During St. Patrick's Day one year, my teacher stapled a leprechaun that she cut out of paper to the wall and told everyone that she was finally able to catch one. Every once in a while, our teacher or a student would exclaim that it moved, and we'd all get excited. This got to the point where all of us were actually convinced that it was constantly moving. I didn't realize until a few years later that the leprechaun couldn't possibly have been able to move. Its arms and legs were stapled down! (Who knows when I figured out it wasn't even a leprechaun....)
When I was three I used to believe that teachers were desk...? I thought they were talking desk that would move around and know everything.
until i was in 5th grade, i used to believe that teachers could read minds. When I was mad at a teacher I would wait until i was home t think mean things about them.
I used to believe that the principal was the mother/father of the teachers and staff of the school and they were all brothers and sisters. I started this belief in first grade. It stopped around fifth grade.
I believed that female teachers got to choose if they wanted to be called "mrs. or miss"

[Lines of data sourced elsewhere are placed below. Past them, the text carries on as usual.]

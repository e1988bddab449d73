// The checker. It reads the job and the answer, and judges the tables or the walk where they stand in the sheet.
// Leans on the test of one combination, and on no table.
ghost use Rattle.std.specs.Prelude.{◌≡◌, not, ◌+◌, ◌^◌, ◌<◌, ◌≤◌, length, IfSome};
ghost use Rattle.std.specs.Option.{unwrap_or};
ghost use Rattle.board.specs.JobBoard.{any_below, head_board, Sized};
ghost use Rattle.board.specs.Places.{word_at, claim_in, combination_in, fault_in, rule_in, tested_in, step_in, opposed_in, walk_in, TablesIn, WalkIn};
ghost use Rattle.board.specs.Check.{tables_at, judge_sheet, check_outcome};
ghost use Rattle.board.specs.Tests.{lowest};

use crate::Job;
use answer::AnswerKind;
use sheet::{Form, JobHead, MASKS};
use steps::{Outcome, refused, refused_answer, refused_job, rule_broken, succeeded};
use wires::{Claim, Combination, row_count, row_shown};

// Tables as they stand in a sheet that was read, for a job.
#[derive(Clone, Copy)]
struct Tables<'a> {
    job: Job<'a>,
    sheet: &'a [u8],
    ghost tables_in: { TablesIn job.head sheet.now },
}

impl<'a> Tables<'a> {
    // With A and B set to the table entries of the rows that `a` shows, which rule is broken?
    fn fault_at(&self, a: Combination) -> Option<usize>
        requires { a.0 < 2 ^ self.now.job.head.wires }
        ensures { result ≡ tested_in self.now.job.head self.now.job.masks.now self.now.sheet.now a.0 }
    {
        let h = self.job.head;
        let at_a = 2 + row_shown(h.sees_a, a.0 as u32) as usize;
        let at_b = 4 + row_count(h.sees_a) + row_shown(h.sees_b, a.0 as u32) as usize;
        self.job
            .test(a, self.sheet[at_a] as u32, self.sheet[at_b] as u32)
    }

    // 10 at the lowest combination where the tables break a rule, with the lowest rule broken there, or 20.
    fn judge(&self) -> Outcome
        ensures { result ≡ tables_at (head_board self.now.job.head self.now.job.masks.now)
            (rule_in self.now.job.head self.now.job.masks.now self.now.sheet.now)
            (lowest (fault_in self.now.job.head self.now.job.masks.now self.now.sheet.now) (2 ^ self.now.job.head.wires)) }
    {
        let combinations: u32 = 1 << self.job.head.wires;
        for a in 0..combinations {
            if let Some(rule) = self.fault_at(Combination(a as u16)) {
                return rule_broken(a as usize, rule);
            }
        }
        succeeded(20, 0)
    }
}

// Two bytes of a sheet, low byte first.
fn word_at(sheet: &[u8], at: usize) -> u16
    requires { at + 2 ≤ length sheet.now }
    ensures { result ≡ word_at sheet.now at }
{
    u16::from_le_bytes([sheet[at], sheet[at + 1]])
}

// A walk as it stands in a sheet that was read, for a job.
#[derive(Clone, Copy)]
struct Walk<'a> {
    job: Job<'a>,
    sheet: &'a [u8],
    count: u32,
    ghost walk_in: { WalkIn job.head sheet.now count },
}

impl<'a> Walk<'a> {
    // What entry `i` says.
    fn claim(&self, i: u32) -> Claim
        requires { i < self.now.count }
        ensures { result.0 ≡ claim_in self.now.sheet.now i }
    {
        Claim(word_at(self.sheet, 6 + 4 * (i as usize)))
    }

    // The combination that entry `i` goes by.
    fn combination(&self, i: u32) -> Combination
        requires { i < self.now.count }
        ensures is { result.0 ≡ combination_in self.now.sheet.now i }
        ensures of_wires { result.0 < 2 ^ self.now.job.head.wires }
    {
        Combination(word_at(self.sheet, 8 + 4 * (i as usize)))
    }

    // Does entry `i` step to the next, the last to the first?
    fn entry_steps(&self, i: u32) -> bool
        requires { i < self.now.count }
        ensures { result ≡ step_in self.now.job.head self.now.job.masks.now self.now.sheet.now self.now.count i }
    {
        let next = if i + 1 == self.count { 0 } else { i + 1 };
        self.job
            .step_holds(self.claim(i), self.claim(next), self.combination(i))
    }

    // The lowest entry whose step does not hold.
    fn lowest_bad_step(&self) -> Option<u32>
        ensures below { IfSome result (λ i. i < self.now.count) }
        ensures lowest { unwrap_or result self.now.count
            ≡ lowest (λ i. not (step_in self.now.job.head self.now.job.masks.now self.now.sheet.now self.now.count i)) self.now.count }
    {
        (0..self.count).find(|i| !self.entry_steps(*i))
    }

    // Is the opposite of the first claim among the claims? Two opposite claims differ in the last bit.
    fn meets_opposite(&self) -> bool
        ensures { result ≡ any_below (opposed_in self.now.sheet.now) self.now.count }
    {
        let opposite = self.claim(0).0 ^ 1;
        (0..self.count).any(|i| self.claim(i).0 == opposite)
    }

    // 12 at the lowest entry whose step does not hold, then 13, or 21.
    fn judge(&self) -> Outcome
        ensures { result ≡ walk_in self.now.job.head self.now.job.masks.now self.now.sheet.now self.now.count }
    {
        if let Some(lowest) = self.lowest_bad_step() {
            return refused(12, 2, lowest as usize);
        }
        if self.meets_opposite() {
            succeeded(21, 0)
        } else {
            refused(13, 2, 0)
        }
    }
}

// The outcome of an answer sheet for an accepted job.
pub fn check_answer<'a>(h: JobHead, masks: &'a [u32], sheet: &'a [u8]) -> Outcome
    requires { Sized h masks.now }
    ensures { result ≡ judge_sheet (head_board h masks.now) sheet.now }
{
    let rows_a = row_count(h.sees_a) as u32;
    let rows_b = row_count(h.sees_b) as u32;
    let job = Job { head: h, masks };
    match answer::read_answer(sheet, rows_a, rows_b, 1 << h.wires) {
        Ok(AnswerKind::Tables) => Tables { job, sheet }.judge(),
        Ok(AnswerKind::Walk(count)) => Walk { job, sheet, count }.judge(),
        Err(w) => refused_answer(w),
    }
}

// The checker: the outcome of an answer sheet for a job sheet, for either form and every two strings of bytes.
pub fn check(form: Form, job: &[u8], answer: &[u8]) -> Outcome
    ensures { result ≡ check_outcome form job.now answer.now }
{
    let mut masks = [0u32; MASKS];
    match sheet::read_job(form, job, &mut masks) {
        Ok(head) => check_answer(head, &masks, answer),
        Err(w) => refused_job(1, w),
    }
}
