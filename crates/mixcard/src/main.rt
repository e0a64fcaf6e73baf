// mixcard: searches fleet.wbk and sheet.wsh, files of the folder that its argument names, or of the current one, files the card as card.wcd and prints the listing.
#![tactic(auto)]

fn main(rt: HostRuntime) {
    arguments::in_folder(&rt, b"mixcard", card_folder::file_card);
}
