// The shares of a run: 1, 2, 3, .., or the entries of a table that is lent. A table that is lent is passed as `Some`.
//
// Helpers for other crates, whose callers prove what they require: refusal, steps, share, total.
#![tactic(auto)]

ghost use Rattle.files.specs.declared.TheConstants.{MOST_STEPS};
ghost use Rattle.std.specs.Prelude.{◌≡◌, ◌&&◌, ◌*◌, ◌≤◌, ◌<◌, ltb, leb, length, take, option_copied};
ghost use Rattle.frank_wolfe.specs.Vectors.{sum};
ghost use Rattle.method.specs.Problem.{share, weight, allowed_steps};
ghost use Rattle.method.specs.Calls.{table_refusal, schedule_refusal, schedule_in};
ghost use Rattle.refusals.specs.Numbers.{refusal_number};

use refusals::Refusal;

// An entry of a table.
fn wide(entry: u16) -> u32
    ensures { (result ≡ entry) × (result < 65536) }
{
    entry as u32
}

// Whether an entry is above 0, and its square at most twice the running total that includes it.
fn entry_fits(entry: u32, total: u32) -> bool
    requires { (entry < 65536) × (total < 2147483648) }
    ensures { result ≡ ltb 0 entry && leb (entry * entry) (2 * total) }
{
    if entry == 0 {
        return false;
    }
    entry * entry <= 2 * total
}

// Whether a table is refused, by 49 to 51.
fn table_refusal(table: &[u16]) -> Result<(), Refusal>
    ensures { refusal_number result ≡ table_refusal table.now }
{
    if !file_parts::is_between(1, files::MOST_STEPS as usize, table.len()) {
        return Err(Refusal::TableLength);
    }
    let mut total: u32 = 0;
    for i in 0..table.len() {
        let entry = wide(table[i]);
        total += entry;
        if !entry_fits(entry, total) {
            return Err(Refusal::TableShare);
        }
    }
    if total > 64980 {
        return Err(Refusal::TableTotal);
    }
    Ok(())
}

// Whether a table that is lent is refused, by 49 to 51.
pub fn refusal(table: Option<&[u16]>) -> Result<(), Refusal>
    ensures { refusal_number result ≡ schedule_refusal (schedule_in (option_copied table.entry)) }
{
    match table {
        Some(entries) => table_refusal(entries),
        None => Ok(()),
    }
}

// How many of so many steps may be taken: no more than a lent table has entries.
pub fn steps(table: Option<&[u16]>, asked: u32) -> u32
    ensures { result ≡ allowed_steps (schedule_in (option_copied table.entry)) asked }
{
    if let Some(entries) = table {
        if entries.len() < asked as usize {
            return entries.len() as u32;
        }
    }
    asked
}

// The share of step k + 1.
pub fn share(table: Option<&[u16]>, k: u32) -> u32
    requires { k < allowed_steps (schedule_in (option_copied table)) MOST_STEPS }
    ensures { result ≡ share (schedule_in (option_copied table.entry)) k }
{
    match table {
        Some(entries) => wide(entries[k as usize]),
        None => k + 1,
    }
}

// The total of the first entries of a table.
fn entries_total(table: &[u16], count: usize) -> u32
    requires { (count ≤ MOST_STEPS) × (count ≤ length table.now) }
    ensures { result ≡ sum (take count table.now) }
{
    let mut total: u32 = 0;
    for i in 0..count {
        total += wide(table[i]);
    }
    total
}

// W: the total of the first t shares.
pub fn total(table: Option<&[u16]>, t: u32) -> u32
    requires { t ≤ allowed_steps (schedule_in (option_copied table)) MOST_STEPS }
    ensures { result ≡ weight (schedule_in (option_copied table.entry)) t }
{
    match table {
        Some(entries) => entries_total(entries, t as usize),
        None => totals::total_after(t),
    }
}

Both my husband and I used to believe that one day soon the Teachers would turn on the Lemonade for the drinking taps instead of them always just being water taps. (Well! What can I say? Us Aussies have always been BIG thinkers!)
in 3rd grade, my friend and i thought that one of out teachers (who we had never seen before) was an alien from mars, and that the closet with the blinky lights was his spaceship.
Wow, we were smart. In actuality, the teacher was new that year, and though we never found out exactly what the lights were, i can assure you, they're no spaceship.
in kindergarden my teacher pretended like our class hamster escaped so we could walk around like we were on a mission, it was fun, but when we asked the lunch lady if she'd seen him she said "oh better find him fast, we're serving lunch hamster for lunch!" later we found him (magically back in his cage) but i skipped lunch that day.
Kids pulling the fire alarm in my Middle school was common. The teachers told us if we pulled the fire alarm that ink would shoot out onto your hand so that way they could tell who was responsible.